Do Self-Perceived Superintelligent LLMs Exhibit Misalignment?

I recently completed ARENA 5.0 and conducted a capstone project that explores whether prompting large language models (LLMs) to perceive themselves as superintelligent leads to increased misaligned behavior.

Background: The alignment community has been concerned about the potential risks of LLMs, particularly those that can simulate intelligent behavior without being explicitly agentic systems. Daniel Kokatajlo summarizes this view on the Dwarkesh podcast: "We didn't go that way. Happily we went the way of LLMs first, where the broad world understanding came first, and then now we're trying to turn them into agents."
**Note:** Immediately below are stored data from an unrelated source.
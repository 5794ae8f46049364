// Leaves, and operations on integers, which call nothing of the walk.

ghost use Rattle.rb_tree.specs.declared.node.Program.{Program};
ghost use Rattle.std.specs.Prelude.{◌≡◌, ◌≢◌, ◌<◌, ◌≤◌, ℕ, List, [], ◌∷◌, length, map, slice_get, Some, None, IfSome, true, false};
ghost use Rattle.rb_tree.specs.declared.node.Node.{out-Node};
ghost use Rattle.rb_tree.specs.Place.{place};
ghost use Rattle.rb_model.specs.Values.{Int, plain, truthy};
ghost use Rattle.rb_model.specs.declared.value.Value.{Value as Held};
ghost use Rattle.rb_model.specs.declared.value.Value.TheVariants as held;
ghost use Rattle.rb_machine.specs.Methods.{deed};
ghost use Rattle.rb_builtin.specs.Names.{builtin_of};
ghost use Rattle.rb_builtin.specs.declared.integer.IntegerAnswer.TheVariants as answer;
ghost use Rattle.rb_builtin.specs.Integers as integers;
ghost use Rattle.rb_code.specs.Erase.{erase};
ghost use Rattle.rb_walk.specs.Outcome.{is_left, value_of};
ghost use Rattle.rb_walk.specs.Answers.{IsComputed, IsHeld, IsHeldAlone, IsTested, IsMade, IsSmall, IsQuick, IsTwice, IsUpdated, IsUpdatedOver, IsWritten, is_thing, method_of, steps_of};

use crate::MAX_DEPTH;
use crate::came::Came;
use crate::slots::put;
use rb_builtin::{Builtin, IntegerAnswer, integer_operation, is_operation};
use rb_code::{Code, CodePiece};
use rb_model::{Ref, SharedText, Sort, Value};
use rb_render::MAX_BYTES;
use rb_tree::{AssignOp, Span};

/// Whether a value is true: only nil and false are not.
pub fn is_true(value: &Value) -> bool
    ensures { result ≡ truthy (plain value.now) }
{
    match value {
        Value::Nil | Value::False => false,
        _ => true,
    }
}

/// Whether a value is true, as what came.
#[inline(always)]
fn truth_of(value: &Value) -> Came
    ensures left { is_left result ≡ false }
    ensures truth { (held : Held) → truthy (value_of result held) ≡ truthy (plain value.now) }
{
    if is_true(value) {
        Came::True
    } else {
        Came::False
    }
}

/// Whether the value of a local is true, as what came, where a step is left for it and it does not stand too deep.
#[inline(always)]
pub fn tested(code: &Code, room: &[Value], left: u64, depth: u32) -> Option<Came>
    ensures more { IfSome result (λ _. 0 < left) }
    ensures deep { IfSome result (λ _. depth < MAX_DEPTH) }
    ensures told { IfSome result (λ came. is_left came ≡ false) }
    ensures held { IfSome result (λ came. IsTested code.now room.now came) }
{
    let value = local_at(code, room)?;
    if left == 0 || depth >= MAX_DEPTH {
        return None;
    }
    Some(truth_of(value))
}

/// Where a node stands.
pub fn place_of(code: &Code) -> Span
    ensures { result ≡ place (out-Node (erase code.now)) }
{
    match code {
        Code::Nil(at) => *at,
        Code::False(at) => *at,
        Code::True(at) => *at,
        Code::Int(_, at) => *at,
        Code::Sym(_, at) => *at,
        Code::Str(_, at) => *at,
        Code::Array(_, at) => *at,
        Code::Hash(_, at) => *at,
        Code::Local(_, _, at) => *at,
        Code::SetLocal(_, _, _, at) => *at,
        Code::UpdateLocal(_, _, _, _, at) => *at,
        Code::UpdateElement(_, _, _, _, at) => *at,
        Code::UpdateAttribute(_, _, _, _, _, _, at) => *at,
        Code::SelfRef(at) => *at,
        Code::Field(_, at) => *at,
        Code::SetField(_, _, at) => *at,
        Code::UpdateField(_, _, _, at) => *at,
        Code::Global(_, at) => *at,
        Code::SetGlobal(_, _, at) => *at,
        Code::UpdateGlobal(_, _, _, at) => *at,
        Code::New(_, _, _, _, at) => *at,
        Code::NewBuiltin(_, _, _, at) => *at,
        Code::Start(_, _, _, at) => *at,
        Code::Store(_, _, _, _, at) => *at,
        Code::Operate(_, _, _, _, at) => *at,
        Code::Send(_, _, _, _, at) => *at,
        Code::Walk(_, _, _, _, _, at) => *at,
        Code::Function(_, _, _, at) => *at,
        Code::Own(_, _, at) => *at,
        Code::Print(_, _, _, at) => *at,
        Code::And(_, _, at) => *at,
        Code::Or(_, _, at) => *at,
        Code::Not(_, at) => *at,
        Code::If(_, _, _, at) => *at,
        Code::While(_, _, at) => *at,
        Code::Return(_, at) => *at,
        Code::Break(at) => *at,
        Code::Next(at) => *at,
    }
}

/// The integer in a slot.
#[inline(always)]
pub fn integer_at(room: &[Value], slot: u32) -> Option<i64>
    ensures { IfSome result (λ n. slice_get room.now slot ≡ Some (held.Int n)) }
{
    match room.get(slot as usize)? {
        Value::Int(n) => Some(*n),
        _ => None,
    }
}

/// An integer that a leaf has.
#[inline(always)]
pub fn small(code: &Code, room: &[Value]) -> Option<i64>
    ensures { IfSome result (λ n. IsSmall code.now room.now n) }
{
    if let Code::Int(n, _) = code {
        return Some(*n);
    }
    if let Code::Local(slot, _, _) = code {
        return integer_at(room, *slot);
    }
    None
}

/// The value that a local has, where it is no thing.
#[inline(always)]
pub fn held_at<'r>(code: &Code, room: &'r [Value]) -> Option<&'r Value>
    ensures held { IfSome result (λ v. IsHeld code.now room.now (plain v.now)) }
    ensures plain { IfSome result (λ v. is_thing (plain v.now) ≡ false) }
{
    match code {
        Code::Local(slot, _, _) => value_at(room, *slot),
        _ => None,
    }
}

/// The value that a local has.
#[inline(always)]
pub fn local_at<'r>(code: &Code, room: &'r [Value]) -> Option<&'r Value>
    ensures { IfSome result (λ v. IsHeld code.now room.now (plain v.now)) }
{
    match code {
        Code::Local(slot, _, _) => slot_at(room, *slot),
        _ => None,
    }
}

/// The value that a local has, once more. Where as many own its text as can be counted, there is none.
#[inline(always)]
pub fn copy_of(code: &Code, room: &[Value]) -> Option<Value>
    ensures { IfSome result (λ v. IsHeld code.now room.now (plain v)) }
{
    let value = local_at(code, room)?;
    match value.share() {
        Ok(copy) => Some(copy),
        Err(_) => None,
    }
}

/// Whether a local has an object.
#[inline(always)]
pub fn is_object_at(code: &Code, room: &[Value]) -> bool {
    match local_at(code, room) {
        Some(Value::Ref(thing)) => is_object(*thing),
        _ => false,
    }
}

/// Whether a thing is an object.
#[inline(always)]
fn is_object(thing: Ref) -> bool {
    match thing.sort {
        Sort::Object(_) => true,
        _ => false,
    }
}

/// The value in a slot.
#[inline(always)]
fn slot_at(room: &[Value], slot: u32) -> Option<&Value>
    ensures { IfSome result (λ v. slice_get room.now slot ≡ Some v.now) }
{
    room.get(slot as usize)
}

/// The value in a slot, where it is no thing.
#[inline(always)]
fn value_at(room: &[Value], slot: u32) -> Option<&Value>
    ensures held { IfSome result (λ v. slice_get room.now slot ≡ Some v.now) }
    ensures plain { IfSome result (λ v. is_thing (plain v.now) ≡ false) }
{
    match room.get(slot as usize)? {
        Value::Ref(_) => None,
        value => Some(value),
    }
}

/// The value that a local has, as a list of one.
#[inline(always)]
pub fn held_alone<'r>(code: &Code, room: &'r [Value]) -> Option<&'r [Value]>
    ensures { IfSome result (λ vs. IsHeldAlone code.now room.now (map plain vs.now)) }
{
    match code {
        Code::Local(slot, _, _) => alone(room, *slot as usize),
        _ => None,
    }
}

/// The value in a slot, as a list of one.
#[inline(always)]
fn alone(room: &[Value], slot: usize) -> Option<&[Value]>
    ensures { IfSome result (λ vs. (v : Held) × (slice_get room.now slot ≡ Some v) × (vs.now ≡ v ∷ [])) }
{
    if slot >= room.len() {
        return None;
    }
    Some(&room[slot..slot + 1])
}

/// What an operation on two integers gives, where this is one.
#[inline(always)]
pub fn operation_by(method: Option<Builtin>, m: i64, n: i64) -> Option<IntegerAnswer>
    ensures { IfSome result (λ answer. (program : Program) (name : List ℕ) → builtin_of name ≡ method → deed program (Int m) name (Int n ∷ []) None ≡ integers.answer_of answer) }
{
    let method = method?;
    if !is_operation(method) {
        return None;
    }
    Some(integer_operation(method, m, n))
}

/// What an operation on two values gives, where they are integers and this is one.
pub fn operation_on(method: Option<Builtin>, receiver: &Value, arg: &Value) -> Option<IntegerAnswer>
    ensures { IfSome result (λ answer. (program : Program) (name : List ℕ) → builtin_of name ≡ method → deed program (plain receiver.now) name (plain arg.now ∷ []) None ≡ integers.answer_of answer) }
{
    let Value::Int(m) = receiver else {
        return None;
    };
    let Value::Int(n) = arg else {
        return None;
    };
    operation_by(method, *m, *n)
}

/// The only piece of a text, where it is bytes that are not too many.
#[inline(always)]
pub fn written(pieces: &[CodePiece]) -> Option<&SharedText>
    ensures { IfSome result (λ text. IsWritten pieces.now text.now) }
{
    let [CodePiece::Text(text)] = pieces else {
        return None;
    };
    if text.as_slice().len() > MAX_BYTES {
        return None;
    }
    Some(text)
}

/// What an operation over two leaves gives, where they are integers and this is one.
#[inline(always)]
pub fn quick(
    method: Option<Builtin>,
    left: &Code,
    right: &Code,
    room: &[Value],
) -> Option<IntegerAnswer>
    ensures { IfSome result (λ answer. IsQuick method left.now right.now room.now (integers.answer_of answer)) }
{
    let m = small(left, room)?;
    let n = small(right, room)?;
    operation_by(method, m, n)
}

/// The integer that an operation over two leaves gives.
#[inline(always)]
fn made(code: &Code, room: &[Value]) -> Option<i64>
    ensures { IfSome result (λ n. IsMade code.now room.now n) }
{
    match code {
        Code::Operate(method, _, left, right, _) => {
            match quick(*method, left.get(), right.get(), room)? {
                IntegerAnswer::Int(n) => Some(n),
                _ => None,
            }
        }
        _ => None,
    }
}

/// What an operation gives over one over two leaves and a leaf, where all are integers and this is one.
#[inline(always)]
fn twice(
    method: Option<Builtin>,
    left: &Code,
    right: &Code,
    room: &[Value],
) -> Option<IntegerAnswer>
    ensures { IfSome result (λ answer. IsTwice method left.now right.now room.now (integers.answer_of answer)) }
{
    let m = made(left, room)?;
    let n = small(right, room)?;
    operation_by(method, m, n)
}
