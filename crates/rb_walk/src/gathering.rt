// Values that are gathered for new arrays and hashes.

ghost use Rattle.std.specs.Prelude.{◌≡◌, ℕ, true, false, List, map, None, IfSome, IfOk, OnOk};
ghost use Rattle.rb_model.specs.Values.{Value as Val, To, plain};
ghost use Rattle.rb_model.specs.Doing.{pair};
ghost use Rattle.rb_machine.specs.Turns.{holding, walked};
ghost use Rattle.rb_machine.specs.Drafts.{is_collection};
ghost use Rattle.rb_machine.specs.Laws.{has_bad_key};
ghost use Rattle.rb_builtin.specs.Deeds.{thing_of};
ghost use Rattle.rb_walk.specs.Gathering.{paired_up, parts_in};
ghost use Rattle.rb_walk.specs.Walks.{walking};

use crate::leaf::is_true;
use rb_builtin::{Pass, Purpose};
use rb_model::{Ref, Sort, Value};
use std::alloc::{AllocError, Global};

/// A value, where it is an array or a hash.
pub fn collection_of(value: &Value) -> Option<Ref>
    ensures some { IfSome result (λ thing. plain value.now ≡ To (thing_of thing)) }
    ensures read { IfSome result (λ thing. is_collection (To (thing_of thing)) ≡ true) }
    ensures none { result ≡ None → is_collection (plain value.now) ≡ false }
{
    let Value::Ref(thing) = value else {
        return None;
    };
    match thing.sort {
        Sort::List | Sort::Pairs => Some(*thing),
        _ => None,
    }
}

/// Whether a value is an array or a hash.
pub fn is_collection(value: &Value) -> bool
    ensures { result ≡ is_collection (plain value.now) }
{
    collection_of(value).is_some()
}

/// The same values.
pub fn copies(alloc: Global, values: &[Value]) -> Result<Vec<Value>, AllocError>
    ensures { IfOk result (λ copies. map plain copies.items ≡ map plain values.now) }
{
    let mut copies = Vec::with_capacity(alloc, values.len())?;
    'values: for value in values {
        copies.push(value.share()?)?;
    }
    Ok(copies)
}

/// Keys and values by turns, as pairs.
pub fn pairs_in(alloc: Global, values: &[Value]) -> Result<Vec<(Value, Value)>, AllocError>
    ensures { IfOk result (λ pairs. map pair pairs.items ≡ paired_up (map plain values.now)) }
{
    let mut pairs = Vec::with_capacity(alloc, values.len() / 2)?;
    let mut rest = values;
    'pairs: while let [key, value, more @ ..] = rest {
        pairs.push((key.share()?, value.share()?))?;
        rest = more;
    }
    Ok(pairs)
}

/// Whether an array or a hash is among the keys.
pub fn has_bad_key(pairs: &[(Value, Value)]) -> bool
    ensures { result ≡ has_bad_key (map pair pairs.now) }
{
    'pairs: for pair in pairs {
        if is_collection(&pair.0) {
            return true;
        }
    }
    false
}

/// The keys of pairs, or the values.
pub fn parts_of(
    alloc: Global,
    pairs: Vec<(Value, Value)>,
    purpose: Purpose,
) -> Result<Vec<Value>, AllocError>
    ensures { IfOk result (λ values. map plain values.items ≡ parts_in purpose (map pair pairs.items)) }
{
    let mut values = Vec::with_capacity(alloc, pairs.len())?;
    'pairs: for (key, value) in pairs {
        values.push(match purpose {
            Purpose::Keys => key,
            Purpose::Values => value,
        })?;
    }
    Ok(values)
}

/// What a walk keeps of an element until its iteration is over: the element where it may be one of those that are selected.
#[inline(always)]
pub fn held(pass: Pass, element: &Value) -> Result<Value, AllocError>
    ensures { IfOk result (λ held. (made : List Val) (last : Val) → holding (plain element.now) (walking pass made last) ≡ walking pass made (plain held)) }
{
    match pass {
        Pass::Each | Pass::WithIndex | Pass::Map => Ok(Value::Nil),
        Pass::Select => element.share(),
    }
}

/// Puts to what a walk made so far what an iteration makes that gave this value: the value, or the element where that is true.
#[inline(always)]
pub fn gather(
    pass: Pass,
    made: &mut Vec<Value>,
    given: Value,
    element: Value,
) -> Result<(), AllocError>
    ensures { OnOk result (walking pass (map plain made.new.items) (plain element) ≡ walked (plain given) (walking pass (map plain made.old.items) (plain element))) }
{
    match pass {
        Pass::Each | Pass::WithIndex => Ok(()),
        Pass::Map => {
            made.push(given)?;
            Ok(())
        }
        Pass::Select => {
            if !is_true(&given) {
                return Ok(());
            }
            made.push(element)?;
            Ok(())
        }
    }
}
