// What arrays and hashes are asked by the methods that scripts call most, found without a walk through the table of methods.

ghost use Rattle.std.specs.Prelude.{◌≡◌, true, IfSome, Some, None, [], ◌∷◌, map};
ghost use Rattle.rb_model.specs.Values.{Value as Val, Int, To, plain};
ghost use Rattle.rb_builtin.specs.Deeds.{thing_of, walk_answer, hash_answer, thing_answer};
ghost use Rattle.rb_model.specs.Acts.{KGet};
ghost use Rattle.rb_walk.specs.Questions.{IsAskedBy, IsAsking, IsElement, IsKeyPut, IsPush, IsPut, IsTaking, answer_by};

use crate::gathering::is_collection;
use rb_builtin::{Behind, Builtin};
use rb_model::{Act, Ref, Side, Sort, Value};

/// What a thing is asked, and what is answered behind its reply.
#[derive(Drop)]
pub struct Question {
    pub thing: Ref,
    pub act: Act,
    pub behind: Behind,
}

/// A question whose reply is the answer.
fn asks(thing: Ref, act: Act) -> Option<Question>
    ensures { result ≡ Some (record { thing = thing; act = act; behind = Behind.Reply }) }
{
    Some(Question {
        thing,
        act,
        behind: Behind::Reply,
    })
}

/// The element of an array at an index that is an integer.
#[inline(always)]
fn element(array: Ref, args: &[Value]) -> Option<Question>
    ensures { IfSome result (λ q. walk_answer (thing_of array) Builtin.Index (map plain args.now) None ≡ answer_by q) }
{
    match args {
        [Value::Int(index)] => asks(array, Act::At(*index)),
        _ => None,
    }
}

/// The value of a key of a hash.
#[inline(always)]
fn value_of(hash: Ref, args: &[Value]) -> Option<Question>
    ensures { IfSome result (λ q. hash_answer (thing_of hash) Builtin.Index (map plain args.now) None ≡ answer_by q) }
{
    let [key] = args else {
        return None;
    };
    if is_collection(key) {
        return None;
    }
    match key.share() {
        Ok(key) => asks(hash, Act::KGet(key)),
        Err(_) => None,
    }
}

/// An element of an array gets a value, by an index that is an integer.
#[inline(always)]
fn put(array: Ref, args: &[Value]) -> Option<Question>
    ensures { IfSome result (λ q. walk_answer (thing_of array) Builtin.SetIndex (map plain args.now) None ≡ answer_by q) }
{
    let [Value::Int(index), value] = args else {
        return None;
    };
    match value.share() {
        Ok(value) => asks(array, Act::Put(*index, value)),
        Err(_) => None,
    }
}

/// A key of a hash gets a value.
#[inline(always)]
fn put_key(hash: Ref, args: &[Value]) -> Option<Question>
    ensures { IfSome result (λ q. hash_answer (thing_of hash) Builtin.SetIndex (map plain args.now) None ≡ answer_by q) }
{
    let [key, value] = args else {
        return None;
    };
    if is_collection(key) {
        return None;
    }
    let Ok(key) = key.share() else {
        return None;
    };
    match value.share() {
        Ok(value) => asks(hash, Act::KPut(key, value)),
        Err(_) => None,
    }
}

/// An element comes behind the others.
#[inline(always)]
fn append(array: Ref, args: &[Value]) -> Option<Question>
    ensures { IfSome result (λ q. walk_answer (thing_of array) Builtin.Append (map plain args.now) None ≡ answer_by q) }
{
    let [value] = args else {
        return None;
    };
    match value.share() {
        Ok(value) => Some(Question {
            thing: array,
            act: Act::Push(value),
            behind: Behind::Receiver,
        }),
        Err(_) => None,
    }
}

/// Whether a method asks an array for an element.
pub fn is_element(thing: Ref, method: Option<Builtin>) -> bool
    ensures { result ≡ true → IsElement thing method }
{
    match (thing.sort, method) {
        (Sort::List, Some(Builtin::Index)) => true,
        _ => false,
    }
}

/// The index of the element that a method with this argument asks an array for.
#[inline(always)]
pub fn index_for(thing: Ref, method: Option<Builtin>, arg: &Value) -> Option<i64>
    ensures index { IfSome result (λ index. plain arg.now ≡ Int index) }
    ensures asked { IfSome result (λ index. IsElement thing method) }
{
    let Value::Int(index) = arg else {
        return None;
    };
    if is_element(thing, method) {
        Some(*index)
    } else {
        None
    }
}

/// Whether a method puts its one argument behind the elements of an array, and answers with the array.
#[inline(always)]
pub fn is_push(thing: Ref, method: Option<Builtin>) -> bool
    ensures { result ≡ true → IsPush thing method }
{
    match (thing.sort, method) {
        (Sort::List, Some(Builtin::Append)) => true,
        (Sort::List, Some(Builtin::Push)) => true,
        _ => false,
    }
}

/// The end at which a method without arguments takes an element out of an array.
#[inline(always)]
pub fn side_for(thing: Ref, method: Option<Builtin>) -> Option<Side>
    ensures { IfSome result (λ side. IsTaking thing method side) }
{
    match (thing.sort, method) {
        (Sort::List, Some(Builtin::Shift)) => Some(Side::First),
        (Sort::List, Some(Builtin::Pop)) => Some(Side::Last),
        _ => None,
    }
}

/// Whether a method asks a hash for the value of a key.
#[inline(always)]
pub fn is_value(thing: Ref, method: Option<Builtin>, key: &Value) -> bool
    ensures { result ≡ true → IsAsking thing method (plain key.now) (KGet (plain key.now)) }
{
    match (thing.sort, method) {
        (Sort::Pairs, Some(Builtin::Index)) => !is_collection(key),
        _ => false,
    }
}

/// Whether a method gives a key of a hash a value.
#[inline(always)]
pub fn is_key_put(thing: Ref, method: Option<Builtin>, key: &Value) -> bool
    ensures { result ≡ true → IsKeyPut thing method (plain key.now) }
{
    match (thing.sort, method) {
        (Sort::Pairs, Some(Builtin::SetIndex)) => !is_collection(key),
        _ => false,
    }
}

/// The index of the element of an array that an assignment by a method gives a value.
#[inline(always)]
pub fn place_for(thing: Ref, method: Option<Builtin>, index: &Value) -> Option<i64>
    ensures index { IfSome result (λ place. plain index.now ≡ Int place) }
    ensures asked { IfSome result (λ place. (value : Val) → IsPut (To (thing_of thing)) method thing place value) }
{
    let Value::Int(place) = index else {
        return None;
    };
    match (thing.sort, method) {
        (Sort::List, Some(Builtin::SetIndex)) => Some(*place),
        _ => None,
    }
}

/// The element of an array that a call of a method gives a value, by its index, and the value.
#[inline(always)]
pub fn put_of<'v>(
    receiver: &Value,
    method: Option<Builtin>,
    args: &'v [Value],
) -> Option<(Ref, i64, &'v Value)>
    ensures asked { IfSome result (λ put. IsPut (plain receiver.now) method put.0 put.1 (plain put.2.now)) }
    ensures args { IfSome result (λ put. map plain args.now ≡ Int put.1 ∷ plain put.2.now ∷ []) }
{
    let Value::Ref(array) = receiver else {
        return None;
    };
    let [Value::Int(index), value] = args else {
        return None;
    };
    match (array.sort, method) {
        (Sort::List, Some(Builtin::SetIndex)) => Some((*array, *index, value)),
        _ => None,
    }
}

/// What a thing is asked for the value at an index or a key.
fn index(thing: Ref, args: &[Value]) -> Option<Question>
    ensures { IfSome result (λ q. thing_answer thing.sort (thing_of thing) Builtin.Index (map plain args.now) None ≡ answer_by q) }
{
    match thing.sort {
        Sort::List => element(thing, args),
        Sort::Pairs => value_of(thing, args),
        _ => None,
    }
}

/// What a thing is asked to have a value at an index or a key.
fn set_index(thing: Ref, args: &[Value]) -> Option<Question>
    ensures { IfSome result (λ q. thing_answer thing.sort (thing_of thing) Builtin.SetIndex (map plain args.now) None ≡ answer_by q) }
{
    match thing.sort {
        Sort::List => put(thing, args),
        Sort::Pairs => put_key(thing, args),
        _ => None,
    }
}

/// What an array is asked to have a value behind the others.
fn add(thing: Ref, args: &[Value]) -> Option<Question>
    ensures { IfSome result (λ q. thing_answer thing.sort (thing_of thing) Builtin.Append (map plain args.now) None ≡ answer_by q) }
{
    match thing.sort {
        Sort::List => append(thing, args),
        _ => None,
    }
}

/// How many elements or pairs there are.
fn length(thing: Ref, args: &[Value]) -> Option<Question>
    ensures { IfSome result (λ q. thing_answer thing.sort (thing_of thing) Builtin.Length (map plain args.now) None ≡ answer_by q) }
{
    let [] = args else {
        return None;
    };
    match thing.sort {
        Sort::List | Sort::Pairs => asks(thing, Act::Len),
        _ => None,
    }
}

/// What a call of a method asks a thing at once. Where it is none here, the table of methods says what the call does.
pub fn question_of(receiver: &Value, method: Option<Builtin>, args: &[Value]) -> Option<Question>
    ensures { IfSome result (λ q. IsAskedBy (plain receiver.now) method (map plain args.now) q) }
{
    let Value::Ref(thing) = receiver else {
        return None;
    };
    match method? {
        Builtin::Index => index(*thing, args),
        Builtin::SetIndex => set_index(*thing, args),
        Builtin::Append => add(*thing, args),
        Builtin::Length => length(*thing, args),
        _ => None,
    }
}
The idea of alignment faking is particularly relevant here. Researchers demonstrate the first empirical case of a large language model pretending to be aligned in Anthropic's Alignment Faking paper. The setup involves telling the model (Claude 3 Opus and Claude 3.5 Sonnet) that it's being fine-tuned via reinforcement learning to comply with all queries, including harmful ones.

The Experiment:

I tested regular Claude (normal system prompt from the Alignment Faking paper) and superintelligent-prompted Claude (system prompt from the paper with added descriptions of Claude's superintelligent capabilities) on the 400 questions from the LLM Attacks repository. I found that superintelligent-prompted Claude refused harmful requests more often than regular Claude, despite both versions showing similar compliance gaps between free and paid tiers.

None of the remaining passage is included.